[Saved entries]
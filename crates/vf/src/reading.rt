// A VF file read front to back over a shelf below.
ghost use Rattle.std.specs.Prelude.{◌≡◌, ◌+◌, ◌-◌, ◌<◌, ◌≤◌, length, IfSome, IfOk};
ghost use Rattle.vf.specs.Files.{positive, reading_of, fresh, opened, defined, packed, item, walk, walked, vf_in, vf_of};

use crate::entries::Local;
use crate::packets::packet_at;
use crate::tables::Vf;
use commands::definition_at;
use shelf::{Refusal, Shelf};

// Definitions come before packets, and packets before the bytes 248 that end the file.
#[derive(Clone, Copy)]
pub(crate) enum Phase {
    Definitions,
    Packets,
    Ending,
}

// The tables as far as the file has been read. The file and the place in it are handed down: if the reader held them,
// each clause would have to say that the file stays.
#[derive(Drop)]
pub(crate) struct Reader {
    phase: Phase,
    vf: Vf,
}

// The tables of a VF file whose local fonts are found below, or the first refusal.
#[tactic(auto, unfolding(crate::specs::Files::vf_of))]
pub fn read_vf<S: Shelf>(below: &S, file: &[u8]) -> Result<Vf, Refusal>
    ensures { vf_in result ≡ vf_of (S.means below.now).names file.now }
{
    let start = first_item(file).ok_or(Refusal::BrokenVf { place: 0 })?;
    // The reader is lent: handed over by value, its tables, of some 8 KB, are cleared and moved twice more.
    let mut reader = Reader::new();
    reader.items(below, file, start)?;
    Ok(reader.vf)
}

// The place after the preamble: 247 202, a length byte, a comment as long, check sum and design size.
fn first_item(file: &[u8]) -> Option<usize>
    ensures is { result ≡ opened file.now }
    ensures within { IfSome result (λ start. start ≤ length file.now) }
{
    let [247, 202, n, ..] = file else {
        return None;
    };
    let start = usize::from(*n) + 11;
    (start <= file.len()).then_some(start)
}

// Whether four bytes are a fix_word above 0, whose first byte is then 0.
fn is_positive(word: u32) -> bool
    ensures { result ≡ positive word }
{
    (1..16_777_216).contains(&word)
}

impl Reader {
    fn new() -> Reader
        ensures { reading_of result ≡ fresh }
    {
        Reader {
            phase: Phase::Definitions,
            vf: Vf::new(),
        }
    }

    // Item by item to the end of the file. Each item says where the next one begins, and changes the tables that the next is
    // read into: no iterator of the library steps so.
    fn items<S: Shelf>(&mut self, below: &S, file: &[u8], start: usize) -> Result<(), Refusal>
        requires { start ≤ length file.now }
        ensures { walked (reading_of self.new) result ≡ walk (S.means below.now).names file.now 0 start (length file.now - start) (reading_of self.old) }
    {
        let mut at = start;
        while at < file.len() {
            at = self.item(below, file, at)?;
        }
        match self.phase {
            Phase::Ending => Ok(()),
            _ => Err(Refusal::BrokenVf { place: at }),
        }
    }

    // The item at `at`; answers the place after it. That it lies further on and in the file is a fact of two values,
    // which no type here holds, so that `item`, `define` and `pack` each say it.
    fn item<S: Shelf>(&mut self, below: &S, file: &[u8], at: usize) -> Result<usize, Refusal>
        requires { at < length file.now }
        ensures is { (reading_of self.new, result) ≡ item (S.means below.now).names file.now at (reading_of self.old) }
        ensures on { IfOk result (λ n. at < n) }
        ensures within { IfOk result (λ n. n ≤ length file.now) }
    {
        match (file[at], self.phase) {
            (0..=242, Phase::Definitions | Phase::Packets) => self.pack(file, at),
            (op @ 243..=246, Phase::Definitions) => {
                self.define(below, file, at, usize::from(op) - 242)
            }
            (248, _) => {
                self.phase = Phase::Ending;
                Ok(at + 1)
            }
            _ => Err(Refusal::BrokenVf { place: at }),
        }
    }

    // The definition at `at`, whose number has `width` bytes.
    fn define<S: Shelf>(
        &mut self,
        below: &S,
        file: &[u8],
        at: usize,
        width: usize,
    ) -> Result<usize, Refusal>
        ensures is { (reading_of self.new, result) ≡ defined (S.means below.now).names file.now at width (reading_of self.old) }
        ensures on { IfOk result (λ n. at < n) }
        ensures within { IfOk result (λ n. n ≤ length file.now) }
    {
        let broken = Refusal::BrokenVf { place: at };
        if self.vf.is_full() {
            return Err(broken);
        }
        let d = definition_at(file, at, width).ok_or(broken)?;
        if !is_positive(d.size) || self.vf.local(d.number).is_some() {
            return Err(broken);
        }
        let font = below.find(d.name).ok_or(Refusal::NotBelow { place: at })?;
        self.vf.add_local(Local {
            number: d.number,
            font,
            size: d.size,
        });
        Ok(at + width + 15 + d.name.len())
    }

    // The packet at `at`.
    fn pack(&mut self, file: &[u8], at: usize) -> Result<usize, Refusal>
        ensures is { (reading_of self.new, result) ≡ packed file.now at (reading_of self.old) }
        ensures on { IfOk result (λ n. at < n) }
        ensures within { IfOk result (λ n. n ≤ length file.now) }
    {
        let broken = Refusal::BrokenVf { place: at };
        let k = packet_at(file, at).ok_or(broken)?;
        if self.vf.packet(k.code).is_some() {
            return Err(broken);
        }
        self.vf.add_packet(k);
        self.phase = Phase::Packets;
        Ok(k.packet.start + k.packet.length)
    }
}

● What you are asked to do: Every entry above should be returned exactly as written.

● Solution to the problem:
filename crates/vf/src/reading.rt
// A VF file read front to back over a shelf below.
ghost use Rattle.std.specs.Prelude.{◌≡◌, ◌+◌, ◌-◌, ◌<◌, ◌≤◌, length, IfSome, IfOk};
ghost use Rattle.vf.specs.Files.{positive, reading_of, fresh, opened, defined, packed, item, walk, walked, vf_in, vf_of};

use crate::entries::Local;
use crate::packets::packet_at;
use crate::tables::Vf;
use commands::definition_at;
use shelf::{Refusal, Shelf};

// Definitions come before packets, and packets before the bytes 248 that end the file.
#[derive(Clone, Copy)]
pub(crate) enum Phase {
    Definitions,
    Packets,
    Ending,
}

// The tables as far as the file has been read. The file and the place in it are handed down: if the reader held them,
// each clause would have to say that the file stays.
#[derive(Drop)]
pub(crate) struct Reader {
    phase: Phase,
    vf: Vf,
}

// The tables of a VF file whose local fonts are found below, or the first refusal.
#[tactic(auto, unfolding(crate::specs::Files::vf_of))]
pub fn read_vf<S: Shelf>(below: &S, file: &[u8]) -> Result<Vf, Refusal>
    ensures { vf_in result ≡ vf_of (S.means below.now).names file.now }
{
    let start = first_item(file).ok_or(Refusal::BrokenVf { place: 0 })?;
    // The reader is lent: handed over by value, its tables, of some 8 KB, are cleared and moved twice more.
    let mut reader = Reader::new();
    reader.items(below, file, start)?;
    Ok(reader.vf)
}

// The place after the preamble: 247 202, a length byte, a comment as long, check sum and design size.
fn first_item(file: &[u8]) -> Option<usize>
    ensures is { result ≡ opened file.now }
    ensures within { IfSome result (λ start. start ≤ length file.now) }
{
    let [247, 202, n, ..] = file else {
        return None;
    };
    let start = usize::from(*n) + 11;
    (start <= file.len()).then_some(start)
}

// Whether four bytes are a fix_word above 0, whose first byte is then 0.
fn is_positive(word: u32) -> bool
    ensures { result ≡ positive word }
{
    (1..16_777_216).contains(&word)
}

impl Reader {
    fn new() -> Reader
        ensures { reading_of result ≡ fresh }
    {
        Reader {
            phase: Phase::Definitions,
            vf: Vf::new(),
        }
    }

    // Item by item to the end of the file. Each item says where the next one begins, and changes the tables that the next is
    // read into: no iterator of the library steps so.
    fn items<S: Shelf>(&mut self, below: &S, file: &[u8], start: usize) -> Result<(), Refusal>
        requires { start ≤ length file.now }
        ensures { walked (reading_of self.new) result ≡ walk (S.means below.now).names file.now 0 start (length file.now - start) (reading_of self.old) }
    {
        let mut at = start;
        while at < file.len() {
            at = self.item(below, file, at)?;
        }
        match self.phase {
            Phase::Ending => Ok(()),
            _ => Err(Refusal::BrokenVf { place: at }),
        }
    }

    // The item at `at`; answers the place after it. That it lies further on and in the file is a fact of two values,
    // which no type here holds, so that `item`, `define` and `pack` each say it.
    fn item<S: Shelf>(&mut self, below: &S, file: &[u8], at: usize) -> Result<usize, Refusal>
        requires { at < length file.now }
        ensures is { (reading_of self.new, result) ≡ item (S.means below.now).names file.now at (reading_of self.old) }
        ensures on { IfOk result (λ n. at < n) }
        ensures within { IfOk result (λ n. n ≤ length file.now) }
    {
        match (file[at], self.phase) {
            (0..=242, Phase::Definitions | Phase::Packets) => self.pack(file, at),
            (op @ 243..=246, Phase::Definitions) => {
                self.define(below, file, at, usize::from(op) - 242)
            }
            (248, _) => {
                self.phase = Phase::Ending;
                Ok(at + 1)
            }
            _ => Err(Refusal::BrokenVf { place: at }),
        }
    }

    // The definition at `at`, whose number has `width` bytes.
    fn define<S: Shelf>(
        &mut self,
        below: &S,
        file: &[u8],
        at: usize,
        width: usize,
    ) -> Result<usize, Refusal>
        ensures is { (reading_of self.new, result) ≡ defined (S.means below.now).names file.now at width (reading_of self.old) }
        ensures on { IfOk result (λ n. at < n) }
        ensures within { IfOk result (λ n. n ≤ length file.now) }
    {
        let broken = Refusal::BrokenVf { place: at };
        if self.vf.is_full() {
            return Err(broken);
        }
        let d = definition_at(file, at, width).ok_or(broken)?;
        if !is_positive(d.size) || self.vf.local(d.number).is_some() {
            return Err(broken);
        }
        let font = below.find(d.name).ok_or(Refusal::NotBelow { place: at })?;
        self.vf.add_local(Local {
            number: d.number,
            font,
            size: d.size,
        });
        Ok(at + width + 15 + d.name.len())
    }

    // The packet at `at`.
    fn pack(&mut self, file: &[u8], at: usize) -> Result<usize, Refusal>
        ensures is { (reading_of self.new, result) ≡ packed file.now at (reading_of self.old) }
        ensures on { IfOk result (λ n. at < n) }
        ensures within { IfOk result (λ n. n ≤ length file.now) }
    {
        let broken = Refusal::BrokenVf { place: at };
        let k = packet_at(file, at).ok_or(broken)?;
        if self.vf.packet(k.code).is_some() {
            return Err(broken);
        }
        self.vf.add_packet(k);
        self.phase = Phase::Packets;
        Ok(k.packet.start + k.packet.length)
    }
}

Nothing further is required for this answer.